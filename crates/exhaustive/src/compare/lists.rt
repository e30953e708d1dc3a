//! What is listed: Partners and Sweep.
use crate::compare::{BLANK, Comparison, PLACES};
use answer::verdict::RacePair;
use reel::Reel;
use std::alloc::AllocError;

/// How many pairs of positions below 16 there are.
const PAIRS: usize = 120;

/// Whether the buffer begins with the list, and has blanks after it.
fn holds<T: PartialEq>(buffer: &[T], list: &[T], blank: &T) -> bool {
    buffer
        .strip_prefix(list)
        .is_some_and(|rest| rest.iter().all(|entry| *entry == *blank))
}

/// Whether the call fills the first entries of the blank buffer with the list, and answers how many these are.
fn lists<T: PartialEq, E: Drop, F: FnOnce(&mut [T]) -> Result<usize, E>>(
    buffer: &mut [T],
    call: F,
    list: &[T],
    blank: &T,
) -> bool
    requires { F.IsAlwaysCallable call }
{
    call(buffer).is_ok_and(|count| count == list.len()) && holds(buffer, list, blank)
}

impl<R: Reel> Comparison<'_, R> {
    /// Compares the partners of q, which are the positions that race with it, ascending.
    fn compare_partners(&mut self, q: u16) -> Result<(), AllocError> {
        let partners: Vec<u16> = self
            .search
            .findings
            .iter()
            .filter(|finding| finding.second.position == q && finding.is_race())
            .map(|finding| finding.first.position)
            .collect(self.search.heap)?;
        let session = self.session;
        let same = lists(
            &mut [BLANK; PLACES],
            |buffer| session.partners(usize::from(q), buffer),
            partners.as_slice(),
            &BLANK,
        );
        self.tally.compare(same);
        Ok(())
    }

    /// Compares the sweep, which is the racing pairs, by the later and then the earlier position.
    fn compare_sweep(&mut self) -> Result<(), AllocError> {
        let races: Vec<RacePair> = self
            .search
            .findings
            .iter()
            .filter(|finding| finding.is_race())
            .map(|finding| RacePair {
                first: finding.first.position,
                second: finding.second.position,
            })
            .collect(self.search.heap)?;
        let blank = RacePair {
            first: BLANK,
            second: BLANK,
        };
        let session = self.session;
        let same = lists(
            &mut [blank; PAIRS],
            |buffer| session.sweep(buffer),
            races.as_slice(),
            &blank,
        );
        self.tally.compare(same);
        Ok(())
    }

    /// Compares the partners of each position, and the sweep.
    pub(super) fn compare_lists(&mut self) -> Result<(), AllocError> {
        for step in self.search.trace {
            self.compare_partners(step.position)?;
        }
        self.compare_sweep()
    }
}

# # # # # # #

Type out the material again, matching every line.

filename crates/exhaustive/src/compare/lists.rt
repository e30953e708d1dc3a
//! What is listed: Partners and Sweep.
use crate::compare::{BLANK, Comparison, PLACES};
use answer::verdict::RacePair;
use reel::Reel;
use std::alloc::AllocError;

/// How many pairs of positions below 16 there are.
const PAIRS: usize = 120;

/// Whether the buffer begins with the list, and has blanks after it.
fn holds<T: PartialEq>(buffer: &[T], list: &[T], blank: &T) -> bool {
    buffer
        .strip_prefix(list)
        .is_some_and(|rest| rest.iter().all(|entry| *entry == *blank))
}

/// Whether the call fills the first entries of the blank buffer with the list, and answers how many these are.
fn lists<T: PartialEq, E: Drop, F: FnOnce(&mut [T]) -> Result<usize, E>>(
    buffer: &mut [T],
    call: F,
    list: &[T],
    blank: &T,
) -> bool
    requires { F.IsAlwaysCallable call }
{
    call(buffer).is_ok_and(|count| count == list.len()) && holds(buffer, list, blank)
}

impl<R: Reel> Comparison<'_, R> {
    /// Compares the partners of q, which are the positions that race with it, ascending.
    fn compare_partners(&mut self, q: u16) -> Result<(), AllocError> {
        let partners: Vec<u16> = self
            .search
            .findings
            .iter()
            .filter(|finding| finding.second.position == q && finding.is_race())
            .map(|finding| finding.first.position)
            .collect(self.search.heap)?;
        let session = self.session;
        let same = lists(
            &mut [BLANK; PLACES],
            |buffer| session.partners(usize::from(q), buffer),
            partners.as_slice(),
            &BLANK,
        );
        self.tally.compare(same);
        Ok(())
    }

    /// Compares the sweep, which is the racing pairs, by the later and then the earlier position.
    fn compare_sweep(&mut self) -> Result<(), AllocError> {
        let races: Vec<RacePair> = self
            .search
            .findings
            .iter()
            .filter(|finding| finding.is_race())
            .map(|finding| RacePair {
                first: finding.first.position,
                second: finding.second.position,
            })
            .collect(self.search.heap)?;
        let blank = RacePair {
            first: BLANK,
            second: BLANK,
        };
        let session = self.session;
        let same = lists(
            &mut [blank; PAIRS],
            |buffer| session.sweep(buffer),
            races.as_slice(),
            &blank,
        );
        self.tally.compare(same);
        Ok(())
    }

    /// Compares the partners of each position, and the sweep.
    pub(super) fn compare_lists(&mut self) -> Result<(), AllocError> {
        for step in self.search.trace {
            self.compare_partners(step.position)?;
        }
        self.compare_sweep()
    }
}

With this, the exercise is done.